Source information Block Start

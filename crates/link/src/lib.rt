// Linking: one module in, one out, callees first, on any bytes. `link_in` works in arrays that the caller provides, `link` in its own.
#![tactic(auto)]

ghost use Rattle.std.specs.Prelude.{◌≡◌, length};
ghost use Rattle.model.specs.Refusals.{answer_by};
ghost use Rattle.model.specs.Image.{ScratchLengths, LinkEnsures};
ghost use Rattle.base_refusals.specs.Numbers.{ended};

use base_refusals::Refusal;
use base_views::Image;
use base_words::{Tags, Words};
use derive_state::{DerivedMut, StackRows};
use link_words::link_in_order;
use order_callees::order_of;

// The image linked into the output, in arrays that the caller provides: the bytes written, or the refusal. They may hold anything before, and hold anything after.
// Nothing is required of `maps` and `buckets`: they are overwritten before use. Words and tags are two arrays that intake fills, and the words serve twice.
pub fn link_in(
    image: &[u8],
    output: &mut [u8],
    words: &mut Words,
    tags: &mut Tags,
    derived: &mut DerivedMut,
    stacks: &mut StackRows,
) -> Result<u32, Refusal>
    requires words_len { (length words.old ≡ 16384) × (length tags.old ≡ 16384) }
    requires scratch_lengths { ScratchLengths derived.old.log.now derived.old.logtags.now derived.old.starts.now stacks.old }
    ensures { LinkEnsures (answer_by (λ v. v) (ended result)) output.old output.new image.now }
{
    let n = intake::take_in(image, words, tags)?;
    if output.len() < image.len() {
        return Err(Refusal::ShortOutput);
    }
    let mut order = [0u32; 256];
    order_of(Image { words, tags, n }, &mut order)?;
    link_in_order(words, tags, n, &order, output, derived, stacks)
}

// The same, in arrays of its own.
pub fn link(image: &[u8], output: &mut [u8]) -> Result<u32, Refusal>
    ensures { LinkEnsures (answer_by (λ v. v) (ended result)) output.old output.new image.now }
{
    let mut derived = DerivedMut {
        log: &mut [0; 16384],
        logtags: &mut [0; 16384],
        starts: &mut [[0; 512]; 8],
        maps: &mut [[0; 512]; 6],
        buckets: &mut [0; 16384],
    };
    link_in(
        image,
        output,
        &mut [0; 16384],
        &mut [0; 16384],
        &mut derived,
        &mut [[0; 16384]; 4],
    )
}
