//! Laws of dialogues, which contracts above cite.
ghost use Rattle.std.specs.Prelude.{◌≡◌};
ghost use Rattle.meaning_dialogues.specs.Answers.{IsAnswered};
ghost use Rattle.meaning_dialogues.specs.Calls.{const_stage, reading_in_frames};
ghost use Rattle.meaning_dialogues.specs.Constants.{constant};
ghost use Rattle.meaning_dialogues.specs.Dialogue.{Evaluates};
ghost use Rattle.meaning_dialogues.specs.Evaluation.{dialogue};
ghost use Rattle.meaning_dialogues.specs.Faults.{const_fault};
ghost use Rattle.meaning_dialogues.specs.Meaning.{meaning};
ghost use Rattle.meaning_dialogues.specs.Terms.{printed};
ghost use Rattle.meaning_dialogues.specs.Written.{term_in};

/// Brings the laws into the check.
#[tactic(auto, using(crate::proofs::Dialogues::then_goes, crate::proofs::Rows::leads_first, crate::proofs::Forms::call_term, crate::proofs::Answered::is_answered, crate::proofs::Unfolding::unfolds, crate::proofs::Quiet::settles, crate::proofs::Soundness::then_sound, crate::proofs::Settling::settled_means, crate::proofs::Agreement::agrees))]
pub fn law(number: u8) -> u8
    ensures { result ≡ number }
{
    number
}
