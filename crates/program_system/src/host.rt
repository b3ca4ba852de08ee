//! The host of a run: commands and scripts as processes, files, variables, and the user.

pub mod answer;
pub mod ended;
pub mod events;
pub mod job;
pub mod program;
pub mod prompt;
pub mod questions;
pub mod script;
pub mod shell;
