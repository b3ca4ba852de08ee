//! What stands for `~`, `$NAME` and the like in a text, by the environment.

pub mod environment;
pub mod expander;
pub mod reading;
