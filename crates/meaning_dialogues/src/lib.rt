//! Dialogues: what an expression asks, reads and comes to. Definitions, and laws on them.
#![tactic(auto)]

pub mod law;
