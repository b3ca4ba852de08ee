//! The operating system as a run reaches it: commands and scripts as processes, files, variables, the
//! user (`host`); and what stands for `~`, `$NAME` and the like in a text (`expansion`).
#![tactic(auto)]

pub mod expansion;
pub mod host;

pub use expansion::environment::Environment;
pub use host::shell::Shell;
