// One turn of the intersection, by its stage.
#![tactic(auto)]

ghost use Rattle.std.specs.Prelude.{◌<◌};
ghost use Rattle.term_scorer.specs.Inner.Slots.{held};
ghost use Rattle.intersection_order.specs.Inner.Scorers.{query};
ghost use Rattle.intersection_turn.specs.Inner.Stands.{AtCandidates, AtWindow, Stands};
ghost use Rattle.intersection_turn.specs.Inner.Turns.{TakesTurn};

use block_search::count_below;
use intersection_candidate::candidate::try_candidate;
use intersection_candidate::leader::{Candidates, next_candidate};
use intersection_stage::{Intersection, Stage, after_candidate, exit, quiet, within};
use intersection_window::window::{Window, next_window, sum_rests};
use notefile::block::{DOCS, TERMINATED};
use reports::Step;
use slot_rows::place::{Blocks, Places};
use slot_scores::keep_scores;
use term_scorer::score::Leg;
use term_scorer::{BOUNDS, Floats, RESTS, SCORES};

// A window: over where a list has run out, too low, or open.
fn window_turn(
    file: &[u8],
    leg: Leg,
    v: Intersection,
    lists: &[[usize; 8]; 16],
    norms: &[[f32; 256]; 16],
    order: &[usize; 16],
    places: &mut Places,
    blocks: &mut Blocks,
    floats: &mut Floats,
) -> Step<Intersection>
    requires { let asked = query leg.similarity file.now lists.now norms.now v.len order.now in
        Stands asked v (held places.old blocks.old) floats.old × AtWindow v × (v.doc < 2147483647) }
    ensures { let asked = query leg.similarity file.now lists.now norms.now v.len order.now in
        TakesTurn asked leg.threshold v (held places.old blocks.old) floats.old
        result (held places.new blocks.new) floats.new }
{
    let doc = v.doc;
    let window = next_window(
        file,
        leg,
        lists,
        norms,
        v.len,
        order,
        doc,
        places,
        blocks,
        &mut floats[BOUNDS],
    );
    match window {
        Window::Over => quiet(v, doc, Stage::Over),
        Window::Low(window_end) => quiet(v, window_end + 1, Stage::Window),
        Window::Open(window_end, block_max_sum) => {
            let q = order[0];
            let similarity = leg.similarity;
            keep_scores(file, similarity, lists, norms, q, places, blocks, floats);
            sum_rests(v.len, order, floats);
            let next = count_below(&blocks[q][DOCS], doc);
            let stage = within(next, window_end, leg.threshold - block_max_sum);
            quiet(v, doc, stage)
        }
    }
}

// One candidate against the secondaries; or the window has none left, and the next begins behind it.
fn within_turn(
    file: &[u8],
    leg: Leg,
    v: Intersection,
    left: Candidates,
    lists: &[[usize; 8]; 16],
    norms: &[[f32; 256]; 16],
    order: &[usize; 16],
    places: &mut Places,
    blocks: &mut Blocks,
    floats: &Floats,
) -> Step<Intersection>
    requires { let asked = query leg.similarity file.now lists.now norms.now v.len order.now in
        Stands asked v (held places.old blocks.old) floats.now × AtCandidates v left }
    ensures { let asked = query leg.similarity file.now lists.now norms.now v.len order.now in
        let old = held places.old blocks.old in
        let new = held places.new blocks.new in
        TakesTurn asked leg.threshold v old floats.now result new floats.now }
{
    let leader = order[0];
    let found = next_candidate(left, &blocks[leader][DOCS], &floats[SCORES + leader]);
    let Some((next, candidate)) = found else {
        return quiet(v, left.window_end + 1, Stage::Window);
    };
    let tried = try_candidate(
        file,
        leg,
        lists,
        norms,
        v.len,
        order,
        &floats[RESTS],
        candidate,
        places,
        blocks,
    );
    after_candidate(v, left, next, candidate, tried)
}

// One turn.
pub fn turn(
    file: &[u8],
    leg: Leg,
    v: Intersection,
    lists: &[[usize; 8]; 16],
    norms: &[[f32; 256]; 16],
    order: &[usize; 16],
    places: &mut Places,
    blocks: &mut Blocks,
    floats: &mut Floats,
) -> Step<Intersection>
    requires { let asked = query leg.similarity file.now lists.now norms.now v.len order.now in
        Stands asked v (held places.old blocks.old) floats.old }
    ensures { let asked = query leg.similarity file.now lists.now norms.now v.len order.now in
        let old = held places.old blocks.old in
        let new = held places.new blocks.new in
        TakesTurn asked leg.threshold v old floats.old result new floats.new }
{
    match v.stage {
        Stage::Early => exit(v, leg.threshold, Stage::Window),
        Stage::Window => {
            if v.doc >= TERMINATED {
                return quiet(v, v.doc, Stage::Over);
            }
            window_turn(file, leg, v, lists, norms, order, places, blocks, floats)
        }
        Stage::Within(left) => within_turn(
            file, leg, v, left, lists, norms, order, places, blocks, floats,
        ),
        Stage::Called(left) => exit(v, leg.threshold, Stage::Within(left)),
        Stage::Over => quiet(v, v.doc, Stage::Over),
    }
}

Source information Block End

_Exercise goal_: Filter the records above for lines with "Inner".

_Response for this exercise_:
ghost use Rattle.term_scorer.specs.Inner.Slots.{held};
ghost use Rattle.intersection_order.specs.Inner.Scorers.{query};
ghost use Rattle.intersection_turn.specs.Inner.Stands.{AtCandidates, AtWindow, Stands};
ghost use Rattle.intersection_turn.specs.Inner.Turns.{TakesTurn};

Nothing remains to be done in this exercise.